§ **ASSIGNED TASK**: List every line in this data where the string "impl" occurs.
━━━ EXERCISE DATA
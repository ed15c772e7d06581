//! A shelf of texts that the caller holds.

ghost use Rattle.std.specs.Prelude.{◌≡◌, ◌<◌, ◌≤◌, ◌^◌, Some, length, map, IfOk, IsErrOf};
ghost use Rattle.std.specs.Option.{option_copied};
ghost use Rattle.xd_answer.specs.Answered.{held_text};
ghost use Rattle.xd_base.specs.MemoryShelf.{text_of};
ghost use Rattle.xd_base.specs.Outside.{HasRisen, IsLacking};
ghost use Rattle.xd_base.specs.Transfers.{GivesFront};

use std::alloc::Global;
use xd_base::{FetchError, Shelf};

/// A text, and the name that words may have for it.
#[repr(C)]
#[derive(Drop)]
pub struct Text<'a> {
    pub name: &'a [u8],
    pub bytes: &'a [u8],
}

/// The texts as a shelf, which tells what it holds and never has a fault.
#[derive(Drop)]
pub struct Texts<'a> {
    texts: &'a [Text<'a>],
}

impl<'a> Texts<'a> {
    pub fn new(texts: &'a [Text<'a>]) -> Texts<'a>
        ensures { result.texts.now ≡ texts.now }
    {
        Texts { texts }
    }
}

/// The first text of this name.
fn find<'a>(texts: &'a [Text<'a>], name: &str) -> Option<&'a [u8]>
    ensures { option_copied result ≡ text_of (map held_text texts.now) name.now }
{
    match texts {
        [] => None,
        [first, more @ ..] => {
            if name.as_bytes() == first.name {
                Some(first.bytes)
            } else {
                find(more, name)
            }
        }
    }
}

impl<'a> Shelf for Texts<'a> {
    ghost use Rattle.std.specs.Prelude.{Some, map};
    ghost use Rattle.xd_answer.specs.Answered.{held_text};
    ghost use Rattle.xd_base.specs.MemoryShelf.{text_of};

    ghost holds = { λ s. Some (text_of (map held_text s.texts.now)) };

    ghost faults = { λ s. 0 };

    fn fetch(&mut self, alloc: Global, name: &str, most: usize) -> Result<Vec<u8>, FetchError> {
        match find(self.texts, name) {
            None => Err(FetchError::Missing),
            Some(text) => {
                let length = text.len().min(most);
                match Vec::from_slice(alloc, &text[..length]) {
                    Ok(front) => Ok(front),
                    Err(_) => Err(FetchError::NoMemory),
                }
            }
        }
    }
}
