//! A sink that keeps what is written.

ghost use Rattle.std.specs.Prelude.{◌≡◌, ◌<◌, ◌≤◌, ◌^◌, Some, [], IfOk, OnErr};
ghost use Rattle.xd_base.specs.Outside.{HasRisen};
ghost use Rattle.xd_base.specs.Transfers.{HasTaken};

use std::alloc::Global;
use xd_base::{PutError, Sink};

/// What is written, and how often there was no memory for more.
#[derive(Drop)]
pub struct Written {
    bytes: Vec<u8>,
    faults: u64,
}

impl Written {
    pub fn new(alloc: Global) -> Written
        ensures { result.bytes.items ≡ [] }
    {
        Written {
            bytes: Vec::new(alloc),
            faults: 0,
        }
    }

    /// What is written.
    pub fn into_bytes(self) -> Vec<u8>
        ensures { result.items ≡ self.bytes.items }
    {
        self.bytes
    }
}

impl Sink for Written {
    ghost use Rattle.std.specs.Prelude.{Some};

    ghost written = { λ s. Some s.bytes.items };

    ghost faults = { λ s. s.faults };

    fn put(&mut self, bytes: &[u8]) -> Result<usize, PutError> {
        let faults = self.faults;
        match self.bytes.extend_from_slice(bytes) {
            Ok(()) => Ok(bytes.len()),
            Err(_) => {
                self.faults = faults.saturating_add(1);
                Err(PutError::Failed)
            }
        }
    }
}
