//! Messages of tasks, and the ring that keeps the latest.
pub use prodash_base::messages::{
    Message, MessageCopyState, MessageLevel, MessageRingBuffer, Messages,
};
━━━━━━
§ **OUTPUT**:
impl<'a> Texts<'a> {
impl<'a> Shelf for Texts<'a> {
impl Written {
impl Sink for Written {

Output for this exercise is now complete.